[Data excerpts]
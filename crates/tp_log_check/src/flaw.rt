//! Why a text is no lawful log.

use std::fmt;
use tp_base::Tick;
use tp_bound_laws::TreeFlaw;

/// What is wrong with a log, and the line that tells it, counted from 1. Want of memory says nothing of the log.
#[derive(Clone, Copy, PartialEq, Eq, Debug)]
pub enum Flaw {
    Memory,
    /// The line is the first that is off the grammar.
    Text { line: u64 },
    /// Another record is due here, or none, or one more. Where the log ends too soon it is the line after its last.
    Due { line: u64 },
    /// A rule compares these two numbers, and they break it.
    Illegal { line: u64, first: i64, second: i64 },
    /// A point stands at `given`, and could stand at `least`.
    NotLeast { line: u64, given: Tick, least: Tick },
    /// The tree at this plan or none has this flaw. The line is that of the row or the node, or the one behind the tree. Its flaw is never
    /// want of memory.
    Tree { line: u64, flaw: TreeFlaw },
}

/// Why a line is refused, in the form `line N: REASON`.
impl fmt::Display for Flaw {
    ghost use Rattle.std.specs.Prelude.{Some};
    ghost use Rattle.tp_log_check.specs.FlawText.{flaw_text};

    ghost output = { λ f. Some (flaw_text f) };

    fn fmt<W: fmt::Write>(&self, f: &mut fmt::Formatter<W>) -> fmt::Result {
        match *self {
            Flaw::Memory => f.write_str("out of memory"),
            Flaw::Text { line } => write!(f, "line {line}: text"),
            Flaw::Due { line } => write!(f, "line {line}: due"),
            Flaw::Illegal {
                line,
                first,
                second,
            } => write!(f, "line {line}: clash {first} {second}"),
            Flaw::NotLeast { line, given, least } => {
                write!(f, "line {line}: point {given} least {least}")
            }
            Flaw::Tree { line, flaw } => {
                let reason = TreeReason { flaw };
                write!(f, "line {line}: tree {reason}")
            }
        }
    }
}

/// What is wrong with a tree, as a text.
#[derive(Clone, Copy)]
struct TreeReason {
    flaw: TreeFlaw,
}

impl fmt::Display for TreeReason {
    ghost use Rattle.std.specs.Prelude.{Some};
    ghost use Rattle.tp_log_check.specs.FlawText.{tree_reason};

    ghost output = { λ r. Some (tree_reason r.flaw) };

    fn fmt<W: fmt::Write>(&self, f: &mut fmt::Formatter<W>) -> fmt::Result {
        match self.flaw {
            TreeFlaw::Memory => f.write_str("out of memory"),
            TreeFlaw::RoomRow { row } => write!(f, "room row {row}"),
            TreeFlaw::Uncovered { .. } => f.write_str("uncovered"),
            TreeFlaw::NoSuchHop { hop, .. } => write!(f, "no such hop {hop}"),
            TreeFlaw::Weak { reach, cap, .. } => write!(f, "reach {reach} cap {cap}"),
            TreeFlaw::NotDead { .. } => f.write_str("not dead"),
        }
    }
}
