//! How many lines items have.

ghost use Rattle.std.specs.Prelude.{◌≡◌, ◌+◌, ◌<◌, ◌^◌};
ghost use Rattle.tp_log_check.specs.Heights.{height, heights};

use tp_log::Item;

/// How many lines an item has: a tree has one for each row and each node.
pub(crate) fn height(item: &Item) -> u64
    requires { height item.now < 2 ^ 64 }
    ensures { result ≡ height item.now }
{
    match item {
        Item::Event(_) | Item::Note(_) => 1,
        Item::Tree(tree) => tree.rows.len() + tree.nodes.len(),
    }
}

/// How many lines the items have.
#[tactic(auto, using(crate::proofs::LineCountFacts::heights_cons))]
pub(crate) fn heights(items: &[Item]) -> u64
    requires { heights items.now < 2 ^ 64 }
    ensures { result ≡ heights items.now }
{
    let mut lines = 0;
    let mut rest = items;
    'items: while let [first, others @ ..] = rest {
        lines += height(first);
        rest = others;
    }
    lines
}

- [THE TASK]: Copy exactly the lines from the top of the entries through the line with "after its last." in it, please, keeping both ends and adding nothing.

- [OUTPUT FOR THIS TASK]:
filename crates/tp_log_check/src/flaw.rt
//! Why a text is no lawful log.

use std::fmt;
use tp_base::Tick;
use tp_bound_laws::TreeFlaw;

/// What is wrong with a log, and the line that tells it, counted from 1. Want of memory says nothing of the log.
#[derive(Clone, Copy, PartialEq, Eq, Debug)]
pub enum Flaw {
    Memory,
    /// The line is the first that is off the grammar.
    Text { line: u64 },
    /// Another record is due here, or none, or one more. Where the log ends too soon it is the line after its last.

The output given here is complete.